De heer Van Apeldoorn (SP):
De heer Schaap heeft gelijk op een aantal terreinen waar wij dat inderdaad zouden bepleiten. Dus Europese samenwerking zou op andere terreinen ook geïntensiveerd kunnen worden. Maar waar het er bijvoorbeeld om gaat hoe wij omgaan met onze eigen publieke sector, hoe wij omgaan met publieke dienstverlening, zegt de SP-fractie dat dat echt aan de lidstaten zou moeten zijn. Daar ligt het primaat van de democratische legitimiteit. Dan kun je niet zeggen: in naam van de vrije markt, in naam van de vrijheid van goederen en kapitaal is dat iets waar Brussel over gaat. Want Brussel kan zeggen: dat moet ook nog even geliberaliseerd worden. De EU is de afgelopen tien, vijftien jaar — de heer Schaap had het net over neoliberalisme in bepaalde Oost-Europese landen, maar dat geldt ook voor Brussel — een liberaliseringsmachine, een dereguleringsmachine geworden waarvan wij zeggen dat die heeft ingegrepen in lidstaten en in de economische ordening van de lidstaten op een manier die de democratische legitimiteit ondergraaft.
De heer Backer i (D66):
Soms is het nuttig om even te wachten met een interruptie, want de heer Van Apeldoorn houdt precies op op het punt waar ik wil beginnen. Dat is dat ik zo moeilijk kan inzien hoe in de SP-visie de ongelijkheden in Europa aangepakt gaan worden. Er zijn enorme ongelijkheden, binnen landen, binnen regio's. En binnen landen die dat zelf niet oplossen. Daar zijn de structuurfondsen voor. U spreekt over de liberale aanpak — deze discussie heb ik met uw voorganger en met u ook vaak gehad — en het is waar dat in de strikte begrotingsdiscipline en het instrumentarium daarbij aan de sociale pijler weinig, misschien te weinig, aandacht is besteed. Mijn vraag aan de heer Van Apeldoorn is deze. Als je dat zou willen ontwikkelen, dan is daar nu de verklaring van Göteborg voor. Ziet de SP mogelijkheden om langs die weg wel nationaal overstijgende effecten te bereiken die uiteindelijk de mensen met de kleinste beurs zullen bereiken? Of moet dat ook allemaal nationaal blijven?

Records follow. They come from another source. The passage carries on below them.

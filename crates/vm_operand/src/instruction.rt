//! The instruction at an address.

ghost use Rattle.std.specs.Prelude.{◌≡◌, ◌≤◌, ◌<◌, ◌+◌, ◌/◌, ◌^◌, []};
ghost use Rattle.std.specs.Prelude.{◌∷◌, length, take, Ok, Err, IfOk, IfErr};
ghost use Rattle.vm_operand.specs.Instruction as spec;
ghost use Rattle.vm_operand.specs.Opcode.{op_of, loads_in, stores_in};

use crate::OpFault;
use crate::mode::Mode;
use crate::opcode::Op;
use crate::operand::{Dest, Dests, Kind, Load, Loads};
use vm_memory::{MAX_SIZE, Memory};

/// An instruction: its opcode's number, its operands, and the next address.
#[derive(Clone, Copy, Debug, PartialEq, Eq)]
pub struct Instr {
    pub op: u32,
    pub loads: Loads,
    pub stores: Dests,
    pub next: u32,
}

/// The opcode's number and the place after it.
#[inline(always)]
#[tactic(auto, unfolding(crate::specs::Instruction::opcode_number_at))]
pub(crate) fn number_at(memory: &Memory<'_>, at: u32) -> Result<(u32, u32), OpFault>
    ensures value { result ≡ spec.opcode_number_at memory.now at }
    ensures within { IfOk result (λ x. x.1 ≤ MAX_SIZE) }
{
    let first = memory.read1(at)?;
    if first < 0x80 {
        Ok((first, at + 1))
    } else if first < 0xC0 {
        let last = memory.read1(at + 1)?;
        Ok(((first - 0x80) * 0x100 + last, at + 2))
    } else {
        let second = memory.read1(at + 1)?;
        let last = memory.read2(at + 2)?;
        Ok((
            (first - 0xC0) * 0x100_0000 + second * 0x1_0000 + last,
            at + 4,
        ))
    }
}

/// The opcode of a number, or what is wrong with it.
fn known(number: u32) -> Result<Op, OpFault>
    ensures { result ≡ spec.known number (op_of number) }
{
    match Op::of(number) {
        Some(op) => Ok(op),
        None if 0x190 <= number && number < 0x300 => Err(OpFault::Unsupported(number)),
        None => Err(OpFault::BadOpcode(number)),
    }
}

/// The modes of the operands, and Zero up to the eighth.
fn modes_at(memory: &Memory<'_>, at: u32, kinds: &[Kind]) -> Result<[Mode; 8], OpFault>
    requires few { length kinds.now ≤ 8 }
    requires limit { at ≤ MAX_SIZE }
    ensures ok { IfOk result (λ modes.
        spec.modes_at memory.now at kinds.now ≡ Ok (take (length kinds.now) modes)) }
    ensures exact { IfErr result (λ fault. spec.modes_at memory.now at kinds.now ≡ Err fault) }
{
    let mut modes = [Mode::Zero; 8];
    let mut count = 0;
    let mut place = at;
    while count + 1 < kinds.len() {
        let byte = memory.read1(place)?;
        modes[count] = Mode::for_kind(kinds[count], byte % 16)?;
        modes[count + 1] = Mode::for_kind(kinds[count + 1], byte / 16)?;
        place += 1;
        count += 2;
    }
    if count < kinds.len() {
        let byte = memory.read1(place)?;
        modes[count] = Mode::for_kind(kinds[count], byte % 16)?;
    }
    Ok(modes)
}

/// A load by its mode, and the place after its bytes.
#[tactic(auto, unfolding(crate::specs::Instruction::load_at))]
fn load_at(memory: &Memory<'_>, mode: Mode, at: u32) -> Result<(Load, u32), OpFault>
    ensures value { result ≡ spec.load_at memory.now mode at }
    ensures within { at ≤ MAX_SIZE + 4 → IfOk result (λ x. x.1 ≤ MAX_SIZE + 4) }
{
    match mode {
        Mode::Zero => Ok((Load::Value(0), at)),
        Mode::Constant(width) => {
            let value = width.read(memory, at)?;
            Ok((Load::Value(width.extend(value)), at + width.size()))
        }
        Mode::Address(width) => {
            let place = width.read(memory, at)?;
            Ok((Load::At(place), at + width.size()))
        }
        Mode::Stack => Ok((Load::Pop, at)),
        Mode::Local(width) => {
            let offset = width.read(memory, at)?;
            Ok((Load::Local(offset), at + width.size()))
        }
        Mode::Ram(width) => {
            let offset = width.read(memory, at)?;
            let place = memory.ramstart().wrapping_add(offset);
            Ok((Load::At(place), at + width.size()))
        }
    }
}

/// A store by its mode, and the place after its bytes.
#[tactic(auto, unfolding(crate::specs::Instruction::dest_at))]
fn dest_at(memory: &Memory<'_>, mode: Mode, at: u32) -> Result<(Dest, u32), OpFault>
    ensures value { result ≡ spec.dest_at memory.now mode at }
    ensures within { at ≤ MAX_SIZE + 4 → IfOk result (λ x. x.1 ≤ MAX_SIZE + 4) }
{
    match mode {
        Mode::Zero | Mode::Constant(_) => Ok((Dest::Discard, at)),
        Mode::Address(width) => {
            let place = width.read(memory, at)?;
            Ok((Dest::At(place), at + width.size()))
        }
        Mode::Stack => Ok((Dest::Push, at)),
        Mode::Local(width) => {
            let offset = width.read(memory, at)?;
            Ok((Dest::Local(offset), at + width.size()))
        }
        Mode::Ram(width) => {
            let offset = width.read(memory, at)?;
            let place = memory.ramstart().wrapping_add(offset);
            Ok((Dest::At(place), at + width.size()))
        }
    }
}

impl Instr {
    fn bare(op: u32, next: u32) -> Instr
        ensures { result ≡ spec.bare op next }
    {
        Instr {
            op,
            loads: Loads {
                count: 0,
                items: [Load::Value(0); 8],
            },
            stores: Dests {
                count: 0,
                items: [Dest::Discard; 2],
            },
            next,
        }
    }

    /// Takes one more operand, whose bytes begin where the instruction ends so far.
    #[tactic(auto, unfolding(crate::specs::Instruction::operand))]
    fn take(&mut self, memory: &Memory<'_>, kind: Kind, mode: Mode) -> Result<(), OpFault>
        requires loads { self.old.loads.count + loads_in (kind ∷ []) ≤ 8 }
        requires stores { self.old.stores.count + stores_in (kind ∷ []) ≤ 2 }
        ensures ok { IfOk result (λ done.
            spec.operand memory.now kind mode self.old ≡ Ok self.new) }
        ensures exact { IfErr result (λ fault.
            spec.operand memory.now kind mode self.old ≡ Err fault) }
        ensures loads { IfOk result (λ done.
            self.new.loads.count ≡ self.old.loads.count + loads_in (kind ∷ [])) }
        ensures stores { IfOk result (λ done.
            self.new.stores.count ≡ self.old.stores.count + stores_in (kind ∷ [])) }
    {
        match kind {
            Kind::Load => {
                let (load, next) = load_at(memory, mode, self.next)?;
                self.loads.items[self.loads.count as usize] = load;
                self.loads.count += 1;
                self.next = next;
            }
            Kind::Store => {
                let (dest, next) = dest_at(memory, mode, self.next)?;
                self.stores.items[self.stores.count as usize] = dest;
                self.stores.count += 1;
                self.next = next;
            }
        }
        Ok(())
    }

    /// Takes the operands in their order, each with its mode.
    fn take_all(
        &mut self,
        memory: &Memory<'_>,
        kinds: &[Kind],
        modes: &[Mode],
    ) -> Result<(), OpFault>
        requires loads { self.old.loads.count + loads_in kinds.now ≤ 8 }
        requires stores { self.old.stores.count + stores_in kinds.now ≤ 2 }
        requires same { length kinds.now ≡ length modes.now }
        ensures ok { IfOk result (λ done.
            spec.operands memory.now kinds.now modes.now self.old ≡ Ok self.new) }
        ensures exact { IfErr result (λ fault.
            spec.operands memory.now kinds.now modes.now self.old ≡ Err fault) }
        ensures few { IfOk result (λ done. self.new.loads.count ≤ 8) }
    {
        for index in 0..kinds.len() {
            self.take(memory, kinds[index], modes[index])?;
        }
        Ok(())
    }
}

/// The instruction at the address, or the first fault in the order of bytes: the opcode, then its
/// modes, two to a byte, each looked at as its byte is read, and then the operands' bytes.
#[tactic(auto, unfolding(crate::specs::Instruction::instruction_at))]
pub fn decode(memory: &Memory<'_>, at: u32) -> Result<Instr, OpFault>
    ensures value { result ≡ spec.instruction_at memory.now at }
    ensures few { IfOk result (λ instr. instr.loads.count ≤ 8) }
{
    let (number, place) = number_at(memory, at)?;
    let kinds = known(number)?.kinds();
    let modes = modes_at(memory, place, kinds)?;
    let mut instr = Instr::bare(number, place + (kinds.len() as u32 + 1) / 2);
    instr.take_all(memory, kinds, &modes[..kinds.len()])?;
    Ok(instr)
}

De heer Van Apeldoorn (SP):
Ik zeg tegen de heer Backer: de SP is voor het sociaal handvest en is ervoor dat de EU zich daar ook bij aansluit als het gaat om de ontwikkeling van de sociale pijler. Ik denk dat de sociale pijler niet zou moeten inhouden dat we vervolgens nog meer Brusselse bureaucratie optuigen waarbij Brussel zich ook kan bemoeien met bijvoorbeeld onze verzorgingsstaat. Ik wil eraan toevoegen dat het er wel om gaat, en dat zou bijvoorbeeld ook in een nieuw verdrag kunnen, dat sociale rechten gelijk worden gesteld en niet ondergeschikt worden gemaakt aan de rechten van het bedrijfsleven, aan de rechten van het kapitaal, aan de rechten van de vrije markt. Daar zijn wij ook voor.

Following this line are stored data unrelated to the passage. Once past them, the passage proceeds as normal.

//! Plays stories over standard input and output.
#![tactic(auto)]

mod complaint;
mod edge;

use edge::{Log, Misuse, Reading, SystemFiles, Waiting, Writing, misuse_of};
use host_top::{Status, top};
use std::fmt::Display;
use std::io::{ErrorKind, IsTerminal};
use std::process::ExitCode;
use std::{env, io};

/// Tells standard error why the program ends so, where it isn't done, and what was met first.
fn exit_with<D: Display + Drop>(rt: &HostRuntime, code: u8, cause: Option<D>) -> ExitCode {
    let text = complaint::complaint_of(code);
    // Where standard error fails, too, nobody is left to be told.
    let _ = match cause {
        _ if text.is_empty() => Ok(()),
        Some(cause) => rt.eprintln(format_args!("{text}: {cause}")),
        None => rt.eprintln(text),
    };
    ExitCode::from(code)
}

fn main(rt: HostRuntime) -> ExitCode {
    let alloc = rt.alloc();
    let arguments = match env::args(&rt) {
        Ok(arguments) => arguments,
        Err(error) if error.kind() == ErrorKind::OutOfMemory => {
            return exit_with(&rt, Status::NoMemory.code(), None::<&str>);
        }
        Err(_) => return exit_with(&rt, Status::BadWords.code(), Some(Misuse::NotText)),
    };
    let Ok(words) = arguments.skip(1).collect::<Vec<String>>(alloc) else {
        return exit_with(&rt, Status::NoMemory.code(), None::<&str>);
    };
    let log = Log::new(&rt);
    let mut outside = SystemFiles::new(alloc, &log, rt.stderr().is_terminal());
    let mut input = Reading::new(Waiting::new(rt.reader(), &rt));
    let mut output = Writing::new(Waiting::new(io::writer(&rt), &rt));
    let code = top(&rt, alloc, &words, &mut outside, &mut input, &mut output);
    if code == Status::BadWords.code() {
        return exit_with(&rt, code, Some(misuse_of(alloc, &words)));
    }
    exit_with(&rt, code, outside.trouble(alloc, code))
}
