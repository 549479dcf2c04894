//! Operands: loads and stores, and their lists in an instruction.

/// What an operand is for.
#[derive(Clone, Copy, Debug, PartialEq, Eq)]
pub enum Kind {
    Load,
    Store,
}

/// Where a value comes from: the value itself, an address of memory, an offset among the locals, or
/// the stack.
#[derive(Clone, Copy, Debug, PartialEq, Eq)]
pub enum Load {
    Value(u32),
    At(u32),
    Local(u32),
    Pop,
}

/// Where a value goes: nowhere, an address of memory, an offset among the locals, or the stack.
#[derive(Clone, Copy, Debug, PartialEq, Eq)]
pub enum Dest {
    Discard,
    At(u32),
    Local(u32),
    Push,
}

/// The loads of an instruction; the items from the count on are Value(0).
#[derive(Clone, Copy, Debug, PartialEq, Eq)]
pub struct Loads {
    pub count: u32,
    pub items: [Load; 8],
}

/// The stores of an instruction; the items from the count on are Discard.
#[derive(Clone, Copy, Debug, PartialEq, Eq)]
pub struct Dests {
    pub count: u32,
    pub items: [Dest; 2],
}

Bijvoorbeeld bij de detacheringsrichtlijn is dat een stap in de goede richting. Dus wij zijn wel degelijk voor sociale maatregelen op Europees niveau, maar niet voor maatregelen die de soevereiniteit van lidstaten verder inperken. Ik denk dat uiteindelijk het probleem op een andere manier opgelost kan worden. Als het gaat om de enorme ongelijkheid en de divergentie in Europa, werd er altijd gezegd: de euro gaat de oplossing brengen. Maar het tegendeel is het geval geweest. Dus we zien dat het Europese integratieproces zoals zich dat de afgelopen twintig jaar heeft voorgedaan de ongelijkheid en de divergentie in Europa alleen maar heeft vergroot. Dan zijn de structuurfondsen ook volstrekt onvoldoende.
De heer Backer (D66):
Ter afronding, want dit is een heel fundamentele discussie, die we niet even per interruptie kunnen voeren, ik zie toch een inconsistentie in het doel om die sociale gelijkheid en de welvaartsstijging van diegenen die bij de huidige stand van zaken achterblijven te bereiken en tegelijkertijd vast te houden aan een nationale oplossing. U begint meteen op het punt dat het dan ook niet weer bureaucratisch moet worden in Brussel, maar dat is natuurlijk de bekende speak over Brussel. Het gaat er dan om dat dat op efficiënte wijze gebeurt, maar dat er uiteindelijk doelen worden bereikt. U heeft mij er nog niet van overtuigd dat u die inconsistentie hebt opgelost. Voorzitter, dit was een opmerking en geen vraag.
De voorzitter:
Helder. Mevrouw Strik.
Mevrouw Strik i (GroenLinks):
Voorzitter. Misschien mag ik er een vraag aan koppelen? Ik ga een heel eind mee met de redenering van de SP-fractie. Maar wij zeggen daarom juist: je moet niet alleen die financiële afhankelijkheid organiseren, je moet daar tegenover juist ook meer gaan harmoniseren op het gebied van sociaal beleid, zodat je ervoor zorgt dat het wel richting meer werkgelegenheid, sociale inclusie en dergelijke gaat. Dus juist versterken in plaats van terugtrekken. Hoe kijkt de SP-fractie daar tegenaan?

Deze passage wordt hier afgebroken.